I read that increasing memory could solve a similar error. (How do I solve "distributed.scheduler - ERROR - Couldn't gather keys"? - #2 by pavithraes). Doubling the memory per worker in Example 1 solves the CancelledError
, but rescheduling tasks still occur.
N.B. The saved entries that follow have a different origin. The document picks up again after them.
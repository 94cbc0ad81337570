//! What a world shows of a running pack, read: the places of the innermost frame, the scores that are no places, what
//! stands under the keys, and whether the pack runs as its states say.
//!
//! A state of a pack (`cc_line`) is what the lines of a pack speak of. Here one goes the other way: who finds a world
//! asks whether it shows such a state, and what all that it shows have in common.
#![tactic(auto)]

mod frame;
mod frame_list;
mod ints;
mod law;
mod pack_names;
mod reading;
mod running;
mod tables;

pub use frame::places;
pub use ints::ints_in;
pub use law::states_agree;
pub use pack_names::PackNames;
pub use reading::{score, tree};
pub use running::runs;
This is shown in Example 2.
Example 2
Cores per worker: 3. Memory: 12GB
%%time
results = dask.compute(get_delayed_objects( 0, window_size, Nblocks ),
get_delayed_objects( 1, window_size, Nblocks ),
get_delayed_objects( 2, window_size, Nblocks ),
get_delayed_objects( 3, window_size, Nblocks ),
get_delayed_objects( 4, window_size, Nblocks ),
get_delayed_objects( 5, window_size, Nblocks ),
get_delayed_objects( 6, window_size, Nblocks ),
get_delayed_objects( 7, window_size, Nblocks ),
get_delayed_objects( 8, window_size, Nblocks ),
get_delayed_objects( 9, window_size, Nblocks )
)
2023-08-11 13:33:14,811 - distributed.client - WARNING - Couldn't gather 13 keys, rescheduling {'optimize-515a7b36-a66e-4770-89a5-2a88913b9067': (), 'optimize-dc2ddfa7-0052-42d4-b7cd-425f99c9561b': (), 'optimize-568a94ec-08a3-4c2c-a302-91b0023248cd': (), 'optimize-30801cfc-0ca7-47f2-b90f-9448490cb994': (), 'optimize-afd5d0b6-6015-4e33-a0c0-8ee3464d60cb': (), 'optimize-81fca5e5-a6fe-4bf8-9d4f-fbaf3a787503': (), 'optimize-526c6040-3462-4acc-8137-84777ef2fdd1': (), 'optimize-f410368d-150f-49fc-9699-3e6994d62533': (), 'optimize-0cedfd8c-0130-406e-ba25-bdb9fc0a215e': (), 'optimize-368b5de0-d638-4100-8f57-92575c9de04d': (), 'optimize-ed1d33e4-6b5e-497e-97e4-32d716c9029c': (), 'optimize-014e3a40-0cc9-4410-bba6-38843682253b': (), 'optimize-b07cbdbb-02ae-4e6d-9cca-af6c468de09e': ()} 2023-08-11 13:39:25,751 - distributed.client - WARNING - Couldn't gather 10 keys, rescheduling {'optimize-b6cb06fa-a7a6-4230-bab3-4357d031e543': (), 'optimize-dc9bb730-10f1-4eea-bb18-4b28a111256c': (), 'optimize-11f4df18-ac0e-493b-b923-37964cc84ef5': (), 'optimize-467c36b3-3fa3-4c2d-a3db-f62fa453eba8': (), 'optimize-6f392b12-f51a-4bb1-8a0b-e0ef89d1e68a': (), 'optimize-da48e050-8fe8-4e90-a75e-4b1be757e955': (), 'optimize-aa18fa0f-c1e2-40ec-955b-7f53496bf97c': (), 'optimize-1c573fc7-baa5-48ee-98c9-f591a78076bc': (), 'optimize-2e60a310-ea07-4c96-8361-74bf4a206c64': (), 'optimize-348dff59-fbcb-451c-af7c-3c67715ba707': ()}
CPU times: user 1min 3s, sys: 3.06 s, total: 1min 6s
Wall time: 1h 20min 47s
The total process took 1 hr 20 min, while the 10 last tasks took 26 minutes after alot of rescheduling. So increasing memory seems to help with the CancelledError
but not the rescheduling.
- From the Worker Memory Use table in the dashboard, it looks like workers does not need the 12GB I give them, so why does increasing
worker_memory
help?
- What can I do to have the computation finish without spending time on rescheduling of tasks? I could make an attempt to make reproducible examples, but looks like similar errors have been reproduced already (below), so I am of course hoping there exist a simple fix!